● Data excerpts
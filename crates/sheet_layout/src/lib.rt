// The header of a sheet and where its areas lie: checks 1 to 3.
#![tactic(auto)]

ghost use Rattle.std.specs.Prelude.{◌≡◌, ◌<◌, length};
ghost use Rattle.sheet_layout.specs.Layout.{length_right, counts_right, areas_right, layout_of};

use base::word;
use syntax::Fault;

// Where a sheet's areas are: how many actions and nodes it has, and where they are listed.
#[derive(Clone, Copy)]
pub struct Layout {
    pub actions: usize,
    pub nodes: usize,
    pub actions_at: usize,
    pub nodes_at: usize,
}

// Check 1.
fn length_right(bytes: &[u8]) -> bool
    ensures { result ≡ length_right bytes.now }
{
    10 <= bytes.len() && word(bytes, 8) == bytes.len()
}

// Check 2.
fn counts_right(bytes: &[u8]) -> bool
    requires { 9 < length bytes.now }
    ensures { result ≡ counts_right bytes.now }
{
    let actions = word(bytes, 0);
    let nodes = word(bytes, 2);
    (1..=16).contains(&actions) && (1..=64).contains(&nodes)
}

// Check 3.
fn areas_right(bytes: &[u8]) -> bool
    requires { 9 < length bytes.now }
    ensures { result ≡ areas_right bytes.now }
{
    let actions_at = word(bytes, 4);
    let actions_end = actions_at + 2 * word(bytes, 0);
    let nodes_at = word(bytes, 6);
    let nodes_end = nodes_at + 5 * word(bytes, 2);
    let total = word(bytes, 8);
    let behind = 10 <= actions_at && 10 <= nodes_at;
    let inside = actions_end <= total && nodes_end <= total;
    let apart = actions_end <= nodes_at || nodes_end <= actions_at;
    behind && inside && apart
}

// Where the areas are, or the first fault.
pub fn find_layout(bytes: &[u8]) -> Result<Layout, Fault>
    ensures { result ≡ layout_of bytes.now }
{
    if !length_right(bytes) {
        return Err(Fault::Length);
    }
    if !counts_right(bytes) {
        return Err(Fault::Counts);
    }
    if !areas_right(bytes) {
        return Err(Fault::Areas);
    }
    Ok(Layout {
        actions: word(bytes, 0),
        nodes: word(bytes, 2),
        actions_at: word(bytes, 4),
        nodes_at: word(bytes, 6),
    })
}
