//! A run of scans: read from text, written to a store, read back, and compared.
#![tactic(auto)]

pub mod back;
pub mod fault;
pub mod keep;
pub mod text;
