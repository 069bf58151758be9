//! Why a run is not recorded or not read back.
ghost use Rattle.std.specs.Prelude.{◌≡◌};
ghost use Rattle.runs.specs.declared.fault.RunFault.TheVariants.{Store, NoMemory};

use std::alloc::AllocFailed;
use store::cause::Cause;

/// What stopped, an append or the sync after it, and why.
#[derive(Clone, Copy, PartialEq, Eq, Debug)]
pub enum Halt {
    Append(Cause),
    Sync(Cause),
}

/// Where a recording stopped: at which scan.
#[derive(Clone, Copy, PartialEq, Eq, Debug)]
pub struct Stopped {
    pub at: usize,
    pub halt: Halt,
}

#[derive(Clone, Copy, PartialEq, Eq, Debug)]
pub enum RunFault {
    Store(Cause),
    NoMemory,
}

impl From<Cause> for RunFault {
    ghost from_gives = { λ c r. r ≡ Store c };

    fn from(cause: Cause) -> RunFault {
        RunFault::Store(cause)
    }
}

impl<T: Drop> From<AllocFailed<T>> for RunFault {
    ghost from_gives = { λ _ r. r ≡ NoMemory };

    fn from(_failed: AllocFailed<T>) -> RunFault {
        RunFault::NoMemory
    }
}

---

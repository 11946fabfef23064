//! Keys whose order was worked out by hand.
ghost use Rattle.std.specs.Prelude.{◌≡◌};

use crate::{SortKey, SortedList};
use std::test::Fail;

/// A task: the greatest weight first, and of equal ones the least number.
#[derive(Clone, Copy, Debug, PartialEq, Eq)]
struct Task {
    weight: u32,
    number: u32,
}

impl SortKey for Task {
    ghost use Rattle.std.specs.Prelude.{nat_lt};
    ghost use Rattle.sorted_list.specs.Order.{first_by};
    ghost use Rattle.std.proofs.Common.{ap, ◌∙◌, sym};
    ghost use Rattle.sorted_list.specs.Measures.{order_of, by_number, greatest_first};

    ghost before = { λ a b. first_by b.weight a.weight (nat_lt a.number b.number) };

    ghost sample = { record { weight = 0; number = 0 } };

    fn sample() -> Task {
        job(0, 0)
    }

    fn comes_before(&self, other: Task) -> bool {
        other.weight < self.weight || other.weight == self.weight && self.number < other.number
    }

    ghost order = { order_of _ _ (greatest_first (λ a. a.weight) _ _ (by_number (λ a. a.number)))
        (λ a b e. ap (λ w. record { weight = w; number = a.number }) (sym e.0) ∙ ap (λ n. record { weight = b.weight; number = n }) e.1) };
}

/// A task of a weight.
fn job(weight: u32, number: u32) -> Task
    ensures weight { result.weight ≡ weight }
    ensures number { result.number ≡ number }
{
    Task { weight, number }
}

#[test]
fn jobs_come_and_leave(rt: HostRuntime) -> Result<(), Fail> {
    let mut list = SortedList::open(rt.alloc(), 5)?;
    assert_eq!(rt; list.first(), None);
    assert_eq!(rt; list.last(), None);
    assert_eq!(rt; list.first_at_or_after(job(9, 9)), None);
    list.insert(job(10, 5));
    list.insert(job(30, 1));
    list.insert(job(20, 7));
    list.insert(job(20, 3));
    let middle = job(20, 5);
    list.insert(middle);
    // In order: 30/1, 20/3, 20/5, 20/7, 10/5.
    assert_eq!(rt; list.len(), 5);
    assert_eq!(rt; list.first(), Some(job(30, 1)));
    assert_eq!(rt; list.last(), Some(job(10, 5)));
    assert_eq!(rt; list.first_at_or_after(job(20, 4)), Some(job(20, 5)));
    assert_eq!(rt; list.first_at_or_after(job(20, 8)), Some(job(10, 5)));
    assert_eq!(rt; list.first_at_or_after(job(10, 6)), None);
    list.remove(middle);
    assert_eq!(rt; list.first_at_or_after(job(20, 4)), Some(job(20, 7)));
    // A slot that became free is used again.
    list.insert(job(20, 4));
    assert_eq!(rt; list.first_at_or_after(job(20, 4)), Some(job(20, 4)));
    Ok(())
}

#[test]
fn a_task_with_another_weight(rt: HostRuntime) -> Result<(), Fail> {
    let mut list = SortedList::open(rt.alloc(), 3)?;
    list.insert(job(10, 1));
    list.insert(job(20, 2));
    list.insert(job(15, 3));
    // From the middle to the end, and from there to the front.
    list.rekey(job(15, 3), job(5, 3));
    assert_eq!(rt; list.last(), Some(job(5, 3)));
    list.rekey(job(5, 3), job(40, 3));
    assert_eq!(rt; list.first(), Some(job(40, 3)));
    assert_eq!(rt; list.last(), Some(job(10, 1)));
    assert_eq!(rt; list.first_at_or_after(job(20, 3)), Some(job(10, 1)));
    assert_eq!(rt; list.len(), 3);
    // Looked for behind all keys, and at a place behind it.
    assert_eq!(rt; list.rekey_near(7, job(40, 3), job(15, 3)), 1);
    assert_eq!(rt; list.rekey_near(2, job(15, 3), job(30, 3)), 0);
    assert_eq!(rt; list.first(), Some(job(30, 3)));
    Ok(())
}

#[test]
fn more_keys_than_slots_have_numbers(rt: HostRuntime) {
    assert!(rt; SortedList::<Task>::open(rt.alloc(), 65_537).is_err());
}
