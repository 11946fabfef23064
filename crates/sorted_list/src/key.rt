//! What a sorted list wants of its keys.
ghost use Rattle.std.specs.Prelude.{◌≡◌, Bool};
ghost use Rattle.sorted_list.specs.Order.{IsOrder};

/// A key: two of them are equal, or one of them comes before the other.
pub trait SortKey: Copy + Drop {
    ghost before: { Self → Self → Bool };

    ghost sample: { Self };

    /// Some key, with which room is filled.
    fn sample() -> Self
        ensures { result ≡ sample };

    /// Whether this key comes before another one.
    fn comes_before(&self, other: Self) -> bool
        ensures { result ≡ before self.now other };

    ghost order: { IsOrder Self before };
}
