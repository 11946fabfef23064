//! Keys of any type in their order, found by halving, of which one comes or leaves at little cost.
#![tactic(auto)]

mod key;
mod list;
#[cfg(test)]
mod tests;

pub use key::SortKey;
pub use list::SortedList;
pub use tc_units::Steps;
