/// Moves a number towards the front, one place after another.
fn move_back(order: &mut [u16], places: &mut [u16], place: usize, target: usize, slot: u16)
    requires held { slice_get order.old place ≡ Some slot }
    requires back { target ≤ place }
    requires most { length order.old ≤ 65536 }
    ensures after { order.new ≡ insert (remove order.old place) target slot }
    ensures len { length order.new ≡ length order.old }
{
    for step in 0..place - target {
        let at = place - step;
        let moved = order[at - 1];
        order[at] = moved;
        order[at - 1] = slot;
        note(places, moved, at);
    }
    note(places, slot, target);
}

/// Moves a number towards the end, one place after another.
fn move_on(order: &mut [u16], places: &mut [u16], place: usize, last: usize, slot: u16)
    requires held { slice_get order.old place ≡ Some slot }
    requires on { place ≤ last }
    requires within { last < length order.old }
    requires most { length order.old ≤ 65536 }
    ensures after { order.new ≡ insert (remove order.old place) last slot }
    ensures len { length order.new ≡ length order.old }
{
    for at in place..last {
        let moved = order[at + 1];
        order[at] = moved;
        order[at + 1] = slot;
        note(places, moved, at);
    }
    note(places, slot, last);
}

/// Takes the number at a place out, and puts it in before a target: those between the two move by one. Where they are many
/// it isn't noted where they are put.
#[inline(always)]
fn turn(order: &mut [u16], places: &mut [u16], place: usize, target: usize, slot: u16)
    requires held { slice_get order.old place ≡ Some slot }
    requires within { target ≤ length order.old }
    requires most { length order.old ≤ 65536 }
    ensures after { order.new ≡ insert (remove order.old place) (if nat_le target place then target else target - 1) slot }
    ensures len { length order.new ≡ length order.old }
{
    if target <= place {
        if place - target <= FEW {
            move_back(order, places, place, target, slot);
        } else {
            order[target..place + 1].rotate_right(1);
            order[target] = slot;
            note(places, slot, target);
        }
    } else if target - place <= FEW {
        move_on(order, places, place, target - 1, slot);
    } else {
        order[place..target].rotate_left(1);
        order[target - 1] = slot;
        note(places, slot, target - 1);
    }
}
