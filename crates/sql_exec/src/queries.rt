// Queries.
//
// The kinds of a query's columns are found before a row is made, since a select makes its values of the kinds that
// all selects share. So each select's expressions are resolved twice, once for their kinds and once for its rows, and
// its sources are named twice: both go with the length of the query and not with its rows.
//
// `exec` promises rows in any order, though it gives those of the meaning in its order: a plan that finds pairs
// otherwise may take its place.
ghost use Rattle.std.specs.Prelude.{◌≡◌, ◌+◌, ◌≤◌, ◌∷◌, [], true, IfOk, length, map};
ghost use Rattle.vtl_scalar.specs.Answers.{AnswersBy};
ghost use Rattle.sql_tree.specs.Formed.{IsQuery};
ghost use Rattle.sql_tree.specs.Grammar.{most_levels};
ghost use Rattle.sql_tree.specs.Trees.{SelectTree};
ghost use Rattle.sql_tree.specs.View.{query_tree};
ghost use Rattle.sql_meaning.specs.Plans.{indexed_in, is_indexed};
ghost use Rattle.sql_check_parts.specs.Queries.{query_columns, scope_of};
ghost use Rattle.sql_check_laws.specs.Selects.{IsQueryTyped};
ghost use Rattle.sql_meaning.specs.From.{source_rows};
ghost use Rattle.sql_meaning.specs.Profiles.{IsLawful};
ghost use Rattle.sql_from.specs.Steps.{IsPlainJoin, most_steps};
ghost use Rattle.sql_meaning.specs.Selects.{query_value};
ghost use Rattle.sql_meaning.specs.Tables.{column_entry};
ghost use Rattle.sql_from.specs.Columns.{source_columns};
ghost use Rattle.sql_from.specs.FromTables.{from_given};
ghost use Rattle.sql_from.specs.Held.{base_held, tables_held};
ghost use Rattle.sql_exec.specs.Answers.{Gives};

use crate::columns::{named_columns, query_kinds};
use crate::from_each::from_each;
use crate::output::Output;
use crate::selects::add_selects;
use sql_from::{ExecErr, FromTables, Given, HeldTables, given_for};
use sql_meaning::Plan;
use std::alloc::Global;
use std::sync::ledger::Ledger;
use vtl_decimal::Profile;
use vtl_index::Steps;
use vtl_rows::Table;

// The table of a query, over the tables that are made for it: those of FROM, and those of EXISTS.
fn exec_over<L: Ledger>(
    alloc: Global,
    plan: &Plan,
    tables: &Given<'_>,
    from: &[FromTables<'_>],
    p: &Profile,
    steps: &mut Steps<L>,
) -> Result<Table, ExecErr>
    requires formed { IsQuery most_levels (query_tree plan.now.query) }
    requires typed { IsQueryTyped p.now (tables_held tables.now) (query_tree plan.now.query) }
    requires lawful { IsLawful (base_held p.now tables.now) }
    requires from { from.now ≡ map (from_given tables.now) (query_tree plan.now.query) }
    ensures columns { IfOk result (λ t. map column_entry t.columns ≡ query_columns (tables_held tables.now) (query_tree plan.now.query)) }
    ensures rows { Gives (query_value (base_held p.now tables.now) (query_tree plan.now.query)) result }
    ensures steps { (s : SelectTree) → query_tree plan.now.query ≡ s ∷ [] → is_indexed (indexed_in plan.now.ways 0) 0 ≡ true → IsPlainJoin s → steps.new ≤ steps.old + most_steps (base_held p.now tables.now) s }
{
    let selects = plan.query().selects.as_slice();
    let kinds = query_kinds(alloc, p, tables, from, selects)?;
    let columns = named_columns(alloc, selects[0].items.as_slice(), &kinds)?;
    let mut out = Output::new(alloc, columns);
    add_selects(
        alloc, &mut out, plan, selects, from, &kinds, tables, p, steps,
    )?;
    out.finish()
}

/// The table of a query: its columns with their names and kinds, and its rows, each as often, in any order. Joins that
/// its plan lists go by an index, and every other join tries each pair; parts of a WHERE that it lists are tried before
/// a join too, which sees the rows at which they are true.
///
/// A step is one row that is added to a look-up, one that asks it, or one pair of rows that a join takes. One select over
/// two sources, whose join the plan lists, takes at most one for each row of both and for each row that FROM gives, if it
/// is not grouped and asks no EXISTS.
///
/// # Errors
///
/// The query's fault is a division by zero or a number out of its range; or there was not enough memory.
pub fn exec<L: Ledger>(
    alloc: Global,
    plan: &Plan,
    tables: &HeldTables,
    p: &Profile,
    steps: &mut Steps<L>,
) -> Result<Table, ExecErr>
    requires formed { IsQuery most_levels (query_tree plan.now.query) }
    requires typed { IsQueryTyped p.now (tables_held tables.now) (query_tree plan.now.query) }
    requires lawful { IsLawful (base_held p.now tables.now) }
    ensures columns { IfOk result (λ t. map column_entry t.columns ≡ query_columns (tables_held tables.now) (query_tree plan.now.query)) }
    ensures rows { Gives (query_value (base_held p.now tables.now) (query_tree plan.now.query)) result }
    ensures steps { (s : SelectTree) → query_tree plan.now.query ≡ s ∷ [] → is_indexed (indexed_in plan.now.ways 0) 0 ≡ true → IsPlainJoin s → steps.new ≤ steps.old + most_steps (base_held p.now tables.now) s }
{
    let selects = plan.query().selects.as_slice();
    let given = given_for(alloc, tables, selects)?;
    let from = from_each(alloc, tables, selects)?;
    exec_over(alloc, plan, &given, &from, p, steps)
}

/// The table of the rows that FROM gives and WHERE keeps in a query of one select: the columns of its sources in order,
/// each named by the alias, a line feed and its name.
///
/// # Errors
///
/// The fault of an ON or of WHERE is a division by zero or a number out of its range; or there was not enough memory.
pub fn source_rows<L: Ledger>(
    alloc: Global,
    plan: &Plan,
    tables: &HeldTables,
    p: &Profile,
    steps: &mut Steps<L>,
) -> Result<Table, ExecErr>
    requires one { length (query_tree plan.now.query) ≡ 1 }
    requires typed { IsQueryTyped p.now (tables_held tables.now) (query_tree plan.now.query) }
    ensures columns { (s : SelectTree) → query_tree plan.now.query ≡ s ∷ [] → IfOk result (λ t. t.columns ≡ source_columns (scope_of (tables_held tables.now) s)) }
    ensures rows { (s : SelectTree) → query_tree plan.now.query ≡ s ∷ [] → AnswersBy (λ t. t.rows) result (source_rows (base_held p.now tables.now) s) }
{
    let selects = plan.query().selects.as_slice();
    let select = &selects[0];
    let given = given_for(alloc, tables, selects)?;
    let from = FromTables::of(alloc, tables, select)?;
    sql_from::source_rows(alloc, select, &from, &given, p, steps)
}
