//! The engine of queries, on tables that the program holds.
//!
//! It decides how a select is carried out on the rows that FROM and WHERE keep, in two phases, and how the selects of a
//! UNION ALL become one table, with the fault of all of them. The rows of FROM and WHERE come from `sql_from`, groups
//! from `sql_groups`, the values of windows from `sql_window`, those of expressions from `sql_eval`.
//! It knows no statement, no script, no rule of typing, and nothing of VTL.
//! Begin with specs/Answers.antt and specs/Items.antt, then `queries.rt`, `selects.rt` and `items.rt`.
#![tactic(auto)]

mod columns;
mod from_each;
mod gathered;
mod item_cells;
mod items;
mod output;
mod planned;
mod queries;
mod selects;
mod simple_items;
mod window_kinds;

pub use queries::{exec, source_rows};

---

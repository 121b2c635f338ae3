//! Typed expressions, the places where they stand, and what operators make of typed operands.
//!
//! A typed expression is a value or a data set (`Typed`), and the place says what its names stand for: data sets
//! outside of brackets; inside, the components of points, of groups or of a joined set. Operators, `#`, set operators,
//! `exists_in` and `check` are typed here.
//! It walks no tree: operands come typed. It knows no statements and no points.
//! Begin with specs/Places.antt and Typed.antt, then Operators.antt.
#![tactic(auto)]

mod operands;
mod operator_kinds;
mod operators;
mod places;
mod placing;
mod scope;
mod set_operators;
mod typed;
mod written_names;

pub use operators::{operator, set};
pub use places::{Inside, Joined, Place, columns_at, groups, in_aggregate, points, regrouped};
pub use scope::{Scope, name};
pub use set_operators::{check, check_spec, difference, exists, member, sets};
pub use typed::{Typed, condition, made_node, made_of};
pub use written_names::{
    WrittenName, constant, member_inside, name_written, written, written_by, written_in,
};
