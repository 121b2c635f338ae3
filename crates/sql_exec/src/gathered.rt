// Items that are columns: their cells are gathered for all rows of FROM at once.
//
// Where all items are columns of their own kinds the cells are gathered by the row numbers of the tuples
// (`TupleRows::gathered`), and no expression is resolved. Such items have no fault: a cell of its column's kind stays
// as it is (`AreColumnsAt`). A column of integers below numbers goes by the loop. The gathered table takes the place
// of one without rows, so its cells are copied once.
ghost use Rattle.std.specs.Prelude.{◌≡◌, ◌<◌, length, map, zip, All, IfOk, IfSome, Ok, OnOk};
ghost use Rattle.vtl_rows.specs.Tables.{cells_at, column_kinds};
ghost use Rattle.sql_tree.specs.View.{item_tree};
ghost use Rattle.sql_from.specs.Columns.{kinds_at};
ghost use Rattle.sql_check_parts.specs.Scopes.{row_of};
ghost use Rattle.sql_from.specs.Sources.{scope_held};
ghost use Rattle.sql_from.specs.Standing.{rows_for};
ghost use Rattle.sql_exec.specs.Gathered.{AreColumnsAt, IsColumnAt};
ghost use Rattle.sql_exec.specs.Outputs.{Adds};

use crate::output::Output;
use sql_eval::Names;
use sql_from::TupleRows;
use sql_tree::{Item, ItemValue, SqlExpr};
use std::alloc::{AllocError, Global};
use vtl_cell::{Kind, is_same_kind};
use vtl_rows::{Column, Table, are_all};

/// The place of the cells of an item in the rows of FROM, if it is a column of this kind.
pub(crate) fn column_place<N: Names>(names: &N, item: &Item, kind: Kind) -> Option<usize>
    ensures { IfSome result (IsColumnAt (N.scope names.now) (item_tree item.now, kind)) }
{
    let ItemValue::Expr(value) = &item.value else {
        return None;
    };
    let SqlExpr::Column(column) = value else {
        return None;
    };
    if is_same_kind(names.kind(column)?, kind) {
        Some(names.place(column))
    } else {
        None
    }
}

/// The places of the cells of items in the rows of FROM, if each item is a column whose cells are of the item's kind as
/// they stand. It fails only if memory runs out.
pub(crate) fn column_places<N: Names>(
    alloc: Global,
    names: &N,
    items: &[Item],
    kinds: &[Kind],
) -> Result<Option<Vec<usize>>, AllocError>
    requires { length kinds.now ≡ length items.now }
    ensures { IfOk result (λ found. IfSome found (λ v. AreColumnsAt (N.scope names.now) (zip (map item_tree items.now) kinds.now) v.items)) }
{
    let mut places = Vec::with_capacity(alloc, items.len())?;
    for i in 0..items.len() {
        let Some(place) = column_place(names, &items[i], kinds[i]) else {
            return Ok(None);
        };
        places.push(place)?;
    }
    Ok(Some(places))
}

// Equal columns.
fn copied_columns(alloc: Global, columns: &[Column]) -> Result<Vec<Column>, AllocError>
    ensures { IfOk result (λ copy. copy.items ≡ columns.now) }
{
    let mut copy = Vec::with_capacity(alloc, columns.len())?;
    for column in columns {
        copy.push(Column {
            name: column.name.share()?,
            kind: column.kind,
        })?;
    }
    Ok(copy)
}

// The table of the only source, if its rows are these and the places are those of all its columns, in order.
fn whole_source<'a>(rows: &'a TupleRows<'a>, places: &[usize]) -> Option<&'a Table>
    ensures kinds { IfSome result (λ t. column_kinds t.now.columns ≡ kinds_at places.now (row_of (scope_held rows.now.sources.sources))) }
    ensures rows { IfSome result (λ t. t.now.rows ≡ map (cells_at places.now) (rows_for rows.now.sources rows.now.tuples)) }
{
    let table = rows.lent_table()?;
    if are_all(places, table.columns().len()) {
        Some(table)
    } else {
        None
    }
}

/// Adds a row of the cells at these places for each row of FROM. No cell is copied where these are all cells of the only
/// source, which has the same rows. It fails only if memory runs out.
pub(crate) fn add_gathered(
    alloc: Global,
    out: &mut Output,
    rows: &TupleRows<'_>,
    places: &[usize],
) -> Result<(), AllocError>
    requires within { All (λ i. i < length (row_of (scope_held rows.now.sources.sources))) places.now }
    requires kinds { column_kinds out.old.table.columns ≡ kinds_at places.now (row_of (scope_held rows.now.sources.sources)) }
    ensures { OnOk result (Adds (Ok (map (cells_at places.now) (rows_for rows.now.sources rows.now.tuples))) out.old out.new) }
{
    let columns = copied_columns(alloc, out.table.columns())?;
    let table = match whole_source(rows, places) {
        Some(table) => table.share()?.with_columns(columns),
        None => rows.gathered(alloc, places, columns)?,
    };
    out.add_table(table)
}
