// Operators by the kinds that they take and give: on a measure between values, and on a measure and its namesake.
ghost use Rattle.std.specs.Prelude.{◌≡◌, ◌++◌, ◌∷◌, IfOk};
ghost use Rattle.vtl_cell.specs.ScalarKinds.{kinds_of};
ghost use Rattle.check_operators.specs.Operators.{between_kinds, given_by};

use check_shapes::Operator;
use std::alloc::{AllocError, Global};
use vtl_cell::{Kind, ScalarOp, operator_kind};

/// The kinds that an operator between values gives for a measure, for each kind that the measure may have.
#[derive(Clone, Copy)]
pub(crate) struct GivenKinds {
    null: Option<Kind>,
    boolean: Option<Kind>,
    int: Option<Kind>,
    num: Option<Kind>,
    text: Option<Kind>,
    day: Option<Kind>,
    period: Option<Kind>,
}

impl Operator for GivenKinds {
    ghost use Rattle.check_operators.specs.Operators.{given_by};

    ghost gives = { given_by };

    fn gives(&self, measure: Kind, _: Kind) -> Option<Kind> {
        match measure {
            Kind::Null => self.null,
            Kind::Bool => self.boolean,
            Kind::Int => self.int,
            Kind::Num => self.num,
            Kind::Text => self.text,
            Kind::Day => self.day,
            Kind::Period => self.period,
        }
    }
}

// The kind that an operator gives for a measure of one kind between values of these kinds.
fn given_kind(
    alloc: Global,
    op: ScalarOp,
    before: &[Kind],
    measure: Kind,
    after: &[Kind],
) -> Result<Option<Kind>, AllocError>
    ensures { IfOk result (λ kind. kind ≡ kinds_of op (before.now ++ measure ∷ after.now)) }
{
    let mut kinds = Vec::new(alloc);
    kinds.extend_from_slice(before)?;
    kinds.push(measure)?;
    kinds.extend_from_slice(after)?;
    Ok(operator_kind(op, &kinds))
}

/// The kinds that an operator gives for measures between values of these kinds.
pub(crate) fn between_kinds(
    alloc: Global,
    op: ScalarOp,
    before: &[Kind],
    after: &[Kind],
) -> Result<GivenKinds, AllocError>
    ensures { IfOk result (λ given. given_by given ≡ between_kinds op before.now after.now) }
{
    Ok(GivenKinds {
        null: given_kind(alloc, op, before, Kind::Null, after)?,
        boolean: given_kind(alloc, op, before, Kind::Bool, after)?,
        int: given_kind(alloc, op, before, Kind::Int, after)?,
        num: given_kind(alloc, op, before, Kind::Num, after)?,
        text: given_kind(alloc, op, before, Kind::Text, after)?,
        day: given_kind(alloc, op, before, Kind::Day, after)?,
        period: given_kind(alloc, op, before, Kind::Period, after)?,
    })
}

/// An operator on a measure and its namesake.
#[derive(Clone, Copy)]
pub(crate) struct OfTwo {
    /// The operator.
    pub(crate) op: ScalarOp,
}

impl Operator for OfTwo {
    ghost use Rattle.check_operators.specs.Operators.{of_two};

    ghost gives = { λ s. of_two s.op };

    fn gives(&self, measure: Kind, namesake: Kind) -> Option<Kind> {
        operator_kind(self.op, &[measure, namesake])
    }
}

● PROBLEM REQUIREMENTS
Reproduce verbatim the lines above, from the line with "order[target - 1] = slot;" through the line with "its rows, and".

● TASK SOLUTION
        order[target - 1] = slot;
        note(places, slot, target - 1);
    }
}
filename crates/sql_exec/src/queries.rt
// Queries.
//
// The kinds of a query's columns are found before a row is made, since a select makes its values of the kinds that
// all selects share. So each select's expressions are resolved twice, once for their kinds and once for its rows, and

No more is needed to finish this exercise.